1. Use MULTI-CONTROL to select Door mute 2 in the initial setting menu. 
_Refer to Adjusting initial settings on page 35._

2. Press MULTI-CONTROL to switch the door muting/attenuation.
Each press of MULTI-CONTROL selects set- tings in the following order:
OFF (off)—20dB ATT (20 dB attenuation)— MUTE (mute)​

Info taken from pages 38 to 39 of this : http://www.pioneerelectronics.com/StaticFiles/Manuals/Car/DEX-P99RS_OperationManual0428.pdf

And if all this still fails, just disconnect the "door mute" wire. 

Hope this solves your ATT problem.


----------



## co_leonard (Aug 14, 2009)

There is a also an error in the manual regarding the door mute wire. 

Have a look at this: Pioneer user manual


----------



## Tone (Aug 16, 2008)

co_leonard said:


> There is a also an error in the manual regarding the door mute wire.
> 
> Have a look at this: Pioneer user manual


What's the error, since use both mute lines in my setup? - Also, I could not open the link you provided. Thanks.


----------



## beehiveramesh (Oct 9, 2009)

Tone said:


> What's the error, since use both mute lines in my setup? - Also, I could not open the link you provided. Thanks.


.

Co_leonard is referring to this sheet that came with some manuals to rectify the wrong info. A wiring to a park brake switch is from lead that is available in DVD HU which will allow video playback only when the Park Brake is ON. This is irrelevant for 99RS. The door mute wire should go to the door switch to get grounded when the door is opened.


----------



## beehiveramesh (Oct 9, 2009)

I need to clarify what I said before. The door mute wire should be connected to the door control lead of the cabin lamp. 
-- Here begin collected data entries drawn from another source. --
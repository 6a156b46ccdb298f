//! `Counts`, as `types.txt` lists it. Written by tools/new-type.
ghost use Rattle.std.specs.Prelude.{◌≡◌};
ghost use Rattle.web_codec.specs.Answers.{Answers};
ghost use Rattle.test_types.specs.Counts.{bounded_counts_place};

use serde_json::{Value, json};
use std::alloc::Global;
use web_codec::{
    ReadData, ReadFault, ReadPairs, WriteData, WriteFault, WriteField, WritePairs, field_or,
    member_or, object, required, required_field,
};
use web_texts::{Fail, NoMemory, Pair};

/// Whole numbers of at least 0, of every size.
#[derive(Debug, Drop)]
pub struct Counts {
    /// The member `byte`.
    pub byte: u8,
    /// The member `port`.
    pub port: u16,
    /// The member `medium`.
    pub medium: u32,
    /// The member `large`.
    pub large: u64,
    /// The member `place`.
    pub place: usize,
}

/// Refuses a `place` that is out of its bounds.
fn bounded_place(alloc: Global, place: usize) -> Result<usize, Fail<ReadFault>>
    ensures { Answers (λ x. x ≡ bounded_counts_place place) result }
{
    if place > 9 {
        return Err(ReadFault::refusal(alloc, "place: not in 0..=9"));
    }
    Ok(place)
}

impl ReadData for Counts {
    ghost use Rattle.test_types.specs.Counts.{counts_of};

    ghost read = { counts_of };

    fn read_data(alloc: Global, value: &Value) -> Result<Counts, Fail<ReadFault>> {
        object(alloc, value)?;
        Ok(Counts {
            byte: required(alloc, value, "byte")?,
            port: required(alloc, value, "port")?,
            medium: required(alloc, value, "medium")?,
            large: member_or(alloc, value, "large", 0)?,
            place: bounded_place(alloc, member_or(alloc, value, "place", 0)?)?,
        })
    }
}

impl WriteData for Counts {
    ghost use Rattle.test_types.specs.Counts.{data_of_counts, counts_no_float};

    ghost written = { data_of_counts };

    ghost no_float = { counts_no_float };

    fn write_data(&self, alloc: Global) -> Result<Value, NoMemory> {
        Ok(json!(in alloc; {
            "byte": self.byte.write_data(alloc)?,
            "port": self.port.write_data(alloc)?,
            "medium": self.medium.write_data(alloc)?,
            "large": self.large.write_data(alloc)?,
            "place": self.place.write_data(alloc)?,
        })?)
    }
}

impl ReadPairs for Counts {
    ghost use Rattle.std.specs.Prelude.{◌≡◌};
    ghost use Rattle.test_types.specs.Counts.{counts_of_pairs};

    ghost reads_pairs = { λ pairs x. x ≡ counts_of_pairs pairs };

    fn read_pairs(alloc: Global, pairs: &[Pair]) -> Result<Counts, Fail<ReadFault>> {
        Ok(Counts {
            byte: required_field(alloc, pairs, "byte")?,
            port: required_field(alloc, pairs, "port")?,
            medium: required_field(alloc, pairs, "medium")?,
            large: field_or(alloc, pairs, "large", 0)?,
            place: bounded_place(alloc, field_or(alloc, pairs, "place", 0)?)?,
        })
    }
}

impl WritePairs for Counts {
    ghost use Rattle.std.specs.Prelude.{◌≡◌, Ok};
    ghost use Rattle.test_types.specs.Counts.{pairs_of_counts};

    ghost writes_pairs = { λ x y. y ≡ Ok (pairs_of_counts x) };

    fn write_pairs(&self, alloc: Global) -> Result<Vec<Pair>, Fail<WriteFault>> {
        let mut pairs = Vec::new(alloc);
        self.byte.write_field(alloc, "byte", &mut pairs)?;
        self.port.write_field(alloc, "port", &mut pairs)?;
        self.medium.write_field(alloc, "medium", &mut pairs)?;
        self.large.write_field(alloc, "large", &mut pairs)?;
        self.place.write_field(alloc, "place", &mut pairs)?;
        Ok(pairs)
    }
}
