//! Types of every kind that `tools/new-type` writes, which are proved with nothing beside them.
#![tactic(auto)]

mod account;
mod counts;
mod offsets;
mod order;
mod payment;
mod price;
mod search;

pub use account::Account;
pub use counts::Counts;
pub use offsets::Offsets;
pub use order::Order;
pub use payment::Payment;
pub use price::Price;
pub use search::Search;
However, in the case of older vehicles, connecting the door mute wire to the door switch will result in improper operation of door mute function. In such cases, the door mute function will work only when the cabin lamp switch is set at "door" position. When the switch is set to OFF or ON, it will immediately ATT the sound. 

The reason being, 99RS needs a "positive" input via door mute wire to "PLAY SOUND" when set to "low" and "positive" input via mute wire to “MUTE or ATT” when set to "high". 

Note that the door mute wire of 99RS is not an EARTHING lead, like the TEL MUTE wire of 99RS.

For such wiring schemes prevalent in older cars, ignore using the cabin lamp door control wire for controlling sound of the 99RS, but instead:

For negative ground vehicles: 

Use a three pin "horn" relay, connect the B of relay to + (power), connect S of relay to door switch, so that it can actuate the relay when the door is opened and connect H to the door mute wire (the yellow/black wire with a resistor) AND set the Mute 1 in the HU to "high". Now, when the door is opened the relay will supply positive current to the door mute lead, leading to MUTE or ATT of the HU.


----------